### What this task involves
Pull out every line below containing the word "IsTrue".

── Data for this exercise

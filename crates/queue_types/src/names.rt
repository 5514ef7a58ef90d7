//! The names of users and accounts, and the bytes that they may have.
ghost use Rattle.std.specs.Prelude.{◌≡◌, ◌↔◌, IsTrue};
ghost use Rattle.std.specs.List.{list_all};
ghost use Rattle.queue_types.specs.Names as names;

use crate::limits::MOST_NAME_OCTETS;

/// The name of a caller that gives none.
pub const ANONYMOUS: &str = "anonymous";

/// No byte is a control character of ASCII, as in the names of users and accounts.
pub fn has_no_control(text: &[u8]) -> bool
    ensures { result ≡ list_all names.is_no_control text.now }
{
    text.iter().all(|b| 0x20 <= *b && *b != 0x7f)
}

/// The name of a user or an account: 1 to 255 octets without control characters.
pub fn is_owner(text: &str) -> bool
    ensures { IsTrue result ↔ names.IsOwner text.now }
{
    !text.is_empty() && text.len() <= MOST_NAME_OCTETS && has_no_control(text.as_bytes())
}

────

### Written answer
ghost use Rattle.std.specs.Prelude.{◌≡◌, ◌↔◌, IsTrue};
    ensures { IsTrue result ↔ names.IsOwner text.now }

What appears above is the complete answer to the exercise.